Boeing, Airbus trade jabs at Farnborough

  • Associated Press
  • Monday, July 19, 2004 9:00pm
  • Business

FARNBOROUGH, England – Demand for new passenger and freight aircraft is rebounding after an unprecedented global downturn and in spite of chronically high fuel costs, U.S. manufacturer Boeing Co. and its European rival Airbus said Monday at Britain’s Farnborough International Air Show.

Boeing announced the sale of four 777-300ER planes to Emirates airline, while Airbus predicted it would exceed its planned delivery of new planes this year. In a sign of their intense competition, executives for these two titans of civil aviation defended their respective strategies for future growth and traded accusations about government subsidies.

Embraer, a Brazilian maker of regional jets, announced three sales of its own.

Boeing foresees 5.2 percent annual growth in global passenger traffic and 6.2 percent growth in air cargo business, after nearly three years of lost production. The company estimates that airlines will buy about 25,000 new planes worth $2 trillion over the next two decades, Boeing Commercial Airplanes chief executive Alan Mulally said.

Airbus foresees global sales of 16,000 aircraft over the next 20 years, 1,500 of them to China.

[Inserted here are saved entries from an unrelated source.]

//! Whole numbers as words: decimal digits, without a sign and without a leading zero.
ghost use Rattle.std.specs.Prelude.{◌≡◌, ◌<◌, ◌++◌, decimal, OnOk, OnErr, IsTrue, ◌↔◌};
ghost use Rattle.ov_base.specs.Word.{Reads};
ghost use Rattle.ov_base.specs.Number as spec;
ghost use Rattle.ov_base.specs.Number.{IsWord64, IsWithin, IsPlain, number_of, number_within, value_after};

use crate::memory::Memory;
use itoa::Buffer;

/// The number that the bytes spell, up to `2^64 - 1`. None exactly where they spell none.
pub fn parse_number(text: &[u8]) -> Option<u64>
    ensures reads { Reads decimal IsWord64 text.now result }
    ensures exact { result ≡ number_of text.now }
{
    plain_number(text)
}

fn plain_number(text: &[u8]) -> Option<u64>
    ensures { Reads decimal IsWord64 text.now result }
{
    if !is_plain(text) {
        return None;
    }
    digits_value(text)
}

/// The value of decimal digits, up to `2^64 - 1`. None where another byte stands among them, or where it is greater.
fn digits_value(text: &[u8]) -> Option<u64>
    ensures { result ≡ value_after 0 text.now }
{
    let mut number = 0;
    let mut rest = text;
    while let [first, others @ ..] = rest {
        number = with_digit(number, *first)?;
        rest = others;
    }
    Some(number)
}

/// The number with this digit behind it. None where the byte is no digit, or where the number is greater than `2^64 - 1`.
fn with_digit(number: u64, byte: u8) -> Option<u64>
    ensures { result ≡ spec.with_digit number byte }
{
    if b'0' <= byte && byte <= b'9' {
        number.checked_mul(10)?.checked_add(u64::from(byte - b'0'))
    } else {
        None
    }
}

fn is_plain(text: &[u8]) -> bool
    ensures { IsTrue result ↔ IsPlain text.now }
{
    match text {
        [] => false,
        [b'0'] => true,
        [first, ..] => *first != b'0' && *first != b'+',
    }
}

/// The number that the bytes spell, where it lies from the one number to the other. None exactly where they
/// spell no such number.
pub fn parse_number_within(low: u64, high: u64, text: &[u8]) -> Option<u64>
    ensures exact { result ≡ number_within low high text.now }
    ensures reads { Reads decimal (IsWithin low high) text.now result }
{
    within_read(low, high, text)
}

fn within_read(low: u64, high: u64, text: &[u8]) -> Option<u64>
    ensures { result ≡ number_within low high text.now }
{
    let number = parse_number(text)?;
    if low <= number && number <= high {
        Some(number)
    } else {
        None
    }
}

/// Writes the number's one spelling at the end. On an error the text is as before.
pub fn print_number(number: u64, text: &mut Vec<u8>) -> Result<(), Memory>
    ensures ok { OnOk result (text.new.items ≡ text.old.items ++ decimal number) }
    ensures err { OnErr result (text.new.items ≡ text.old.items) }
{
    if number < 10 {
        return print_digit(number, text);
    }
    let mut digits = Buffer::new();
    text.extend_from_slice(digits.format(number).as_bytes())?;
    Ok(())
}

/// Writes a number below 10, which is one digit, at the end: most numbers of a journal are. On an error the text is as before.
fn print_digit(digit: u64, text: &mut Vec<u8>) -> Result<(), Memory>
    requires { digit < 10 }
    ensures ok { OnOk result (text.new.items ≡ text.old.items ++ decimal digit) }
    ensures err { OnErr result (text.new.items ≡ text.old.items) }
{
    text.push(b'0' + digit as u8)?;
    Ok(())
}
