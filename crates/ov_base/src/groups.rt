//! Words in groups: cutting the words of a text at each word `;`.
ghost use Rattle.std.specs.Prelude.{◌≡◌, IfOk};
ghost use Rattle.std.specs.List.{slice_split};
ghost use Rattle.ov_base.specs.Groups.{is_separator, words_in, groups_in};

use crate::memory::Memory;
use std::alloc::{AllocError, Global};

/// The groups of words round the words `;`, of which there is one more than such words. The only error is out
/// of memory.
pub fn groups_at<'a, 'b>(
    alloc: Global,
    words: &'b [&'a [u8]],
) -> Result<Vec<&'b [&'a [u8]]>, Memory>
    ensures { IfOk result (λ v. groups_in v.items ≡ slice_split is_separator (words_in words.now)) }
{
    Ok(collected_groups(alloc, words)?)
}

fn collected_groups<'a, 'b>(
    alloc: Global,
    words: &'b [&'a [u8]],
) -> Result<Vec<&'b [&'a [u8]]>, AllocError>
    ensures { IfOk result (λ v. groups_in v.items ≡ slice_split is_separator (words_in words.now)) }
{
    words.split(|word| separates(word)).collect(alloc)
}

fn separates(word: &[u8]) -> bool
    ensures { result ≡ is_separator word.now }
{
    word == b";".as_slice()
}
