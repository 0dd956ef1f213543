//! Versions: when and at which gateway a transaction was begun.
ghost use Rattle.std.specs.Prelude.{◌≡◌, ◌<◌, ◌++◌, ◌↔◌, IsSome, IfSome, OnOk, OnErr, Some, refl};
ghost use Rattle.std.specs.Ordering.{nat_cmp};
ghost use Rattle.std.specs.Cmp.{partial_equiv_from_equiv, nat_cmp_total};
ghost use Rattle.ov_base.specs.Lemmas.{number_eq-equiv, number_eq-order, number_eq-ties, number_eq-exact};
ghost use Rattle.ov_base.specs.Number.{number_eq};
ghost use Rattle.ov_base.specs.Version.{number, time_of, gate_of, time_limit, gate_limit, version_text, version_of, IsVersion};
ghost use Rattle.ov_base.specs.Word.{Reads, Printed};

use crate::memory::Memory;
use crate::number::{parse_number, print_number};
use crate::plain::Plain;
use crate::split::split_at_byte;
use std::cmp::Ordering;
use std::marker::Model;

/// The times of versions are below this number.
pub const TIME_LIMIT: u64 = 1 << 47;

/// The gates of versions are below this number.
pub const GATE_LIMIT: u64 = 65_536;

/// When a transaction was begun, below `2^47`, and at which gateway, up to 65535. It is kept as its number,
/// `time * 65536 + gate`, which contracts see and by which versions are ordered (docs/STORE.md, Versions).
#[derive(Clone, Copy, Debug)]
pub struct Version {
    number: u64,
}

impl Model for Version {
    ghost use Rattle.std.specs.Prelude.{ℕ};
    ghost use Rattle.ov_base.specs.Version.{IsVersion};

    ghost Value = { ℕ };

    ghost view = { λ v. v.number };

    ghost invariant = { λ v. IsVersion v.number };

    ghost inverse = { λ n. record { number = n } };
}

impl Version {
    /// The version of this time and gate. None exactly where a bound fails.
    pub fn new(time: u64, gate: u32) -> Option<Version>
        ensures made { IsSome result ↔ ((time < time_limit) × (gate < gate_limit)) }
        ensures value { IfSome result (λ v. v ≡ number time gate) }
    {
        if time < TIME_LIMIT && u64::from(gate) < GATE_LIMIT {
            Some(Version {
                number: time * GATE_LIMIT + u64::from(gate),
            })
        } else {
            None
        }
    }

    /// The version of this number. None exactly from `2^63` on.
    pub fn from_number(number: u64) -> Option<Version>
        ensures made { IsSome result ↔ IsVersion number }
        ensures value { IfSome result (λ v. v ≡ number) }
    {
        if number < (1 << 63) {
            Some(Version { number })
        } else {
            None
        }
    }

    /// Its number, which is below `2^63`.
    pub fn number(self) -> u64
        ensures value { result ≡ self }
        ensures form { IsVersion self }
    {
        self.number
    }

    /// Its time.
    pub fn time(self) -> u64
        ensures { result ≡ time_of self }
    {
        self.number / GATE_LIMIT
    }

    /// Its gate.
    pub fn gate(self) -> u32
        ensures { result ≡ gate_of self }
    {
        (self.number % GATE_LIMIT) as u32
    }

    /// The version that the bytes spell, as `TIME.GATE`. None exactly where they spell none. Does not allocate.
    pub fn parse(text: &[u8]) -> Option<Version>
        ensures exact { result ≡ version_of text.now }
        ensures reads { Reads version_text IsVersion text.now result }
    {
        version_read(text)
    }

    /// Writes the one spelling, `TIME.GATE`, at the end. On an error the text is as before.
    pub fn print_to(self, text: &mut Vec<u8>) -> Result<(), Memory>
        ensures ok { OnOk result (text.new.items ≡ text.old.items ++ version_text self) }
        ensures err { OnErr result (text.new.items ≡ text.old.items) }
    {
        print_mark(self.number(), text)
    }
}

/// Writes a mark or a watermark, which are numbers of versions, in the spelling of versions at the end. On
/// an error the text is as before.
pub fn print_mark(mark: u64, text: &mut Vec<u8>) -> Result<(), Memory>
    ensures ok { OnOk result (text.new.items ≡ text.old.items ++ version_text mark) }
    ensures err { OnErr result (text.new.items ≡ text.old.items) }
{
    let before = text.len();
    let printed = print_parts(mark, text);
    if printed.is_err() {
        text.truncate(before);
    }
    printed
}

/// The same, where on an error a prefix of the spelling was written.
fn print_parts(mark: u64, text: &mut Vec<u8>) -> Result<(), Memory>
    ensures { Printed result text.old.items text.new.items (version_text mark) }
{
    print_number(mark / GATE_LIMIT, text)?;
    text.push(b'.')?;
    print_number(mark % GATE_LIMIT, text)
}

#[tactic(auto, unfolding(crate::specs::Version::version_of))]
fn version_read(text: &[u8]) -> Option<Version>
    ensures { result ≡ version_of text.now }
{
    let (time, gate) = split_at_byte(text, b'.')?;
    let time = parse_number(time)?;
    let gate = parse_number(gate)?;
    if time < TIME_LIMIT && gate < GATE_LIMIT {
        Some(Version {
            number: time * GATE_LIMIT + gate,
        })
    } else {
        None
    }
}

impl PartialEq for Version {
    ghost eq = { number_eq };

    ghost laws = { partial_equiv_from_equiv number_eq-equiv };

    #[tactic(auto, unfolding(crate::specs::Number::number_eq))]
    fn eq(&self, other: &Self) -> bool {
        self.number() == other.number()
    }
}

impl Eq for Version {
    ghost laws = { number_eq-equiv };
}

impl PartialOrd for Version {
    ghost partial_cmp = { λ v w. Some (nat_cmp v w) };

    ghost laws = { number_eq-order };

    fn partial_cmp(&self, other: &Self) -> Option<Ordering> {
        Some(self.cmp(other))
    }
}

impl Ord for Version {
    ghost cmp = { nat_cmp };

    ghost total = { nat_cmp_total };

    ghost matches_partial_cmp = { λ v w. refl };

    ghost matches_eq = { number_eq-ties };

    fn cmp(&self, other: &Self) -> Ordering {
        self.number().cmp(&other.number())
    }
}

impl Plain for Version {
    ghost exact = { number_eq-exact };

    fn copy(&self) -> Result<Version, Memory> {
        Ok(*self)
    }
}
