//! Cutting bytes at a byte: the ground of every text that is read.
ghost use Rattle.std.specs.Prelude.{◌≡◌, map, ◌==◌, IfOk};
ghost use Rattle.std.specs.List.{slice_split};
ghost use Rattle.std.specs.Option.{option_map};
ghost use Rattle.ov_base.specs.Split.{cut_at};

use crate::memory::Memory;
use std::alloc::Global;

/// For so many parts there is room from the start.
const FEW_PARTS: usize = 32;

/// What stands before the first such byte, and what stands behind it; None exactly where the byte does
/// not occur. Does not allocate.
pub fn split_at_byte(text: &[u8], byte: u8) -> Option<(&[u8], &[u8])>
    ensures { option_map (λ p. (p.0.now, p.1.now)) result ≡ cut_at byte text.now }
{
    for (at, here) in text.iter().enumerate() {
        if *here == byte {
            return Some((&text[..at], &text[at + 1..]));
        }
    }
    None
}

/// The parts round a byte, of which there is one more than the byte occurs. The only error is out of memory.
pub fn parts_at(alloc: Global, text: &[u8], byte: u8) -> Result<Vec<&[u8]>, Memory>
    ensures { IfOk result (λ v. map (λ x. x.now) v.items ≡ slice_split (λ b. b == byte) text.now) }
{
    let mut parts = Vec::with_capacity(alloc, FEW_PARTS)?;
    let mut rest = text;
    while let Some((part, others)) = split_at_byte(rest, byte) {
        parts.push(part)?;
        rest = others;
    }
    parts.push(rest)?;
    Ok(parts)
}
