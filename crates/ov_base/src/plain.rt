//! Plain data: `==` is equality of what contracts see, and a copy equals its source.
ghost use Rattle.std.specs.Prelude.{◌≡◌, true, IfOk, IsTrue, ◌↔◌};

use crate::memory::Memory;
use std::alloc::Global;

/// Data whose `==` is equality of what contracts see, and that can be copied.
pub trait Plain: Eq {
    /// A copy, which equals its source. The only error is out of memory.
    fn copy(&self) -> Result<Self, Memory>
        ensures { IfOk result (λ copied. copied ≡ self.now) };

    /// What `==` does not tell apart is equal.
    ghost exact: { (x y : Self) → Self.PartialEq.eq x y ≡ true → x ≡ y };
}

/// Whether the two are equal.
pub fn same<T: Plain>(left: &T, right: &T) -> bool
    ensures { IsTrue result ↔ (left.now ≡ right.now) }
{
    left == right
}

/// Copies of the items, with room for just as many. The only error is out of memory, and then the copies
/// made so far are dropped.
pub fn copied<T: Plain + Drop>(alloc: Global, items: &[T]) -> Result<Vec<T>, Memory>
    ensures { IfOk result (λ copies. copies.items ≡ items.now) }
{
    let mut copies = Vec::with_capacity(alloc, items.len())?;
    for item in items {
        copies.push(item.copy()?)?;
    }
    Ok(copies)
}
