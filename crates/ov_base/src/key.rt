//! Keys: the names of values.
ghost use Rattle.std.specs.Prelude.{◌≡◌, ◌<◌, ◌≤◌, ◌+◌, ◌++◌, length, take, drop, nat_eq, IsTrue, ◌↔◌, refl, Some};
ghost use Rattle.std.specs.List.{list_any};
ghost use Rattle.std.specs.Ordering.{nat_cmp};
ghost use Rattle.std.specs.Cmp.{partial_equiv_from_equiv};
ghost use Rattle.std.specs.Cmp.Lexicographic.{pointwise, slice_cmp, nat_list_cmp_total};
ghost use Rattle.std.specs.Int.{w64, from_be_bytes};
ghost use Rattle.ov_base.specs.Word.{Reads, itself};
ghost use Rattle.ov_base.specs.Key as spec;
ghost use Rattle.ov_base.specs.Key.{IsKey, all_key_bytes, is_key_byte, key_of, key_eq};
ghost use Rattle.ov_base.specs.Lemmas.{key_eq-equiv, key_eq-order, key_eq-ties, key_eq-exact};

use crate::memory::Memory;
use crate::plain::Plain;
use std::cmp::Ordering;
use std::marker::Model;

/// The most bytes of a key.
const KEY_ROOM: usize = 32;

/// The name of a value: 1 to 32 bytes of ASCII letters, digits and `_`, held in place. Contracts see its
/// bytes. Keys are ordered by their bytes, a prefix first (docs/STORE.md, Keys).
#[derive(Clone, Copy, Debug)]
pub struct Key {
    cells: [u8; 32],
    len: u8,
}

impl Model for Key {
    ghost use Rattle.std.specs.Prelude.{ℕ, List, take, length, ◌-◌, ◌++◌, replicate};
    ghost use Rattle.ov_base.specs.Key.{key_room, IsPadded};
    ghost use Rattle.ov_base.specs.Lemmas.{padded_cells, padded_len};

    ghost Value = { List ℕ };

    ghost view = { λ k. take k.len k.cells };

    ghost invariant = { λ k. IsPadded k.cells k.len };

    ghost inverse = { λ bytes. record { cells = bytes ++ replicate (key_room - length bytes) 0; len = length bytes } };

    ghost inverse_ok = { λ k h i. record {
      cells = padded_cells k.cells k.len h i;
      len = padded_len k.cells k.len h i;
    } };
}

impl Key {
    /// The key of these bytes. None exactly where they are no key: none or more than 32, or one that is no
    /// letter, digit or `_`. Does not allocate.
    pub fn from_bytes(bytes: &[u8]) -> Option<Key>
        ensures reads { Reads itself IsKey bytes.now result }
        ensures exact { result ≡ key_of bytes.now }
    {
        if bytes.is_empty() || bytes.len() > KEY_ROOM || !has_key_bytes(bytes) {
            return None;
        }
        let mut cells = [0u8; 32];
        cells[..bytes.len()].copy_from_slice(bytes);
        Some(Key {
            cells,
            len: bytes.len() as u8,
        })
    }

    /// Its bytes.
    pub fn bytes(&self) -> &[u8]
        ensures bytes { result.now ≡ self.now }
        ensures form { IsKey self.now }
    {
        &self.cells[..self.len as usize]
    }
}

/// Whether a key stands twice. Does not allocate.
pub fn repeats(keys: &[Key]) -> bool
    ensures { result ≡ spec.repeats keys.now }
{
    let mut rest = keys;
    while let [first, others @ ..] = rest {
        if contains(others, first) {
            return true;
        }
        rest = others;
    }
    false
}

fn contains(keys: &[Key], key: &Key) -> bool
    ensures { result ≡ list_any (key_eq key.now) keys.now }
{
    keys.iter().any(|other| key == other)
}

fn has_key_bytes(bytes: &[u8]) -> bool
    ensures { result ≡ all_key_bytes bytes.now }
{
    bytes.iter().all(|b| stands_in_keys(*b))
}

fn stands_in_keys(byte: u8) -> bool
    ensures { result ≡ is_key_byte byte }
{
    (48 <= byte && byte <= 57)
        || (65 <= byte && byte <= 90)
        || byte == 95
        || (97 <= byte && byte <= 122)
}

/// Whether all cells are the same: four words of eight cells, each read at once.
fn same_cells(cells: &[u8; 32], others: &[u8; 32]) -> bool
    ensures { result ≡ pointwise nat_eq cells.now others.now }
{
    (word_at(cells, 0) == word_at(others, 0))
        & (word_at(cells, 8) == word_at(others, 8))
        & (word_at(cells, 16) == word_at(others, 16))
        & (word_at(cells, 24) == word_at(others, 24))
}

/// How the cells are ordered: the first of four words that differs decides.
fn cells_order(cells: &[u8; 32], others: &[u8; 32]) -> Ordering
    ensures { result ≡ slice_cmp nat_cmp cells.now others.now }
{
    let (first, other) = (word_at(cells, 0), word_at(others, 0));
    if first != other {
        return first.cmp(&other);
    }
    let (second, other) = (word_at(cells, 8), word_at(others, 8));
    if second != other {
        return second.cmp(&other);
    }
    let (third, other) = (word_at(cells, 16), word_at(others, 16));
    if third != other {
        return third.cmp(&other);
    }
    word_at(cells, 24).cmp(&word_at(others, 24))
}

/// The number that eight cells spell from a place on, the first cell the most significant.
fn word_at(cells: &[u8; 32], at: usize) -> u64
    requires { at + 8 ≤ 32 }
    ensures { result ≡ from_be_bytes w64 (take 8 (drop at cells.now)) }
{
    u64::from_be_bytes([
        cells[at],
        cells[at + 1],
        cells[at + 2],
        cells[at + 3],
        cells[at + 4],
        cells[at + 5],
        cells[at + 6],
        cells[at + 7],
    ])
}

impl PartialEq for Key {
    ghost eq = { key_eq };

    ghost laws = { partial_equiv_from_equiv key_eq-equiv };

    fn eq(&self, other: &Self) -> bool {
        same_cells(&self.cells, &other.cells)
    }
}

impl Eq for Key {
    ghost laws = { key_eq-equiv };
}

impl PartialOrd for Key {
    ghost partial_cmp = { λ s t. Some (slice_cmp nat_cmp s t) };

    ghost laws = { key_eq-order };

    fn partial_cmp(&self, other: &Self) -> Option<Ordering> {
        Some(self.cmp(other))
    }
}

impl Ord for Key {
    ghost cmp = { λ s t. slice_cmp nat_cmp s t };

    ghost total = { nat_list_cmp_total };

    ghost matches_partial_cmp = { λ s t. refl };

    ghost matches_eq = { key_eq-ties };

    fn cmp(&self, other: &Self) -> Ordering {
        cells_order(&self.cells, &other.cells)
    }
}

impl Plain for Key {
    ghost exact = { key_eq-exact };

    fn copy(&self) -> Result<Key, Memory> {
        Ok(*self)
    }
}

Mulally argued that airlines will need aircraft to make longer and more frequent flights and will prefer flying point-to-point between final destinations rather than via congested hubs. Boeing is developing its new 7E7 aircraft to meet this anticipated demand.

About 24 airlines already have paid deposits for more than 200 7E7s, and Boeing expects to convert some of these down payments into firm orders “through the end of this year,” Mulally said.

“These are negotiations we are doing now that will lead to definitive contracts,” he said. The 217-seat 7E7 “Dreamliner” is to be launched in 2008.

Emirates chairman Sheikh Ahmed bin Saeed Al Maktoum also expressed interest in the 7E7, calling it “a fantastic aircraft” but hinting that his airline would prefer if it were larger.

“We are in discussions to see if they can build this aircraft to carry more people or go further,” he. “From the Emirates point of view, we always believed the smallest aircraft in our fleet would be 300 seats or above.”

Airbus chief executive Noel Forgeard estimated that air traffic grew by 7 percent last year and would rise by 10 percent this year, even though aviation fuel prices also have increased.

Demand for planes is up, he said. “I can now confirm that we plan to deliver more aircraft than last year, and even more than the 305 aircraft that were the plan.”

In contrast to Boeing, Airbus is betting that future growth will come from super-size planes flying large numbers of passengers between specific cities. It is developing the A380, which will seat about 550 passengers, to fill this niche. The jumbo aircraft is on track to make its test flight during the first three months of next year, Forgeard said.

“You could never make a business case for an aircraft that large,” said Boeing’s Mulally, insisting that his company could satisfy any future demand for larger airplanes by modifying its existing 747.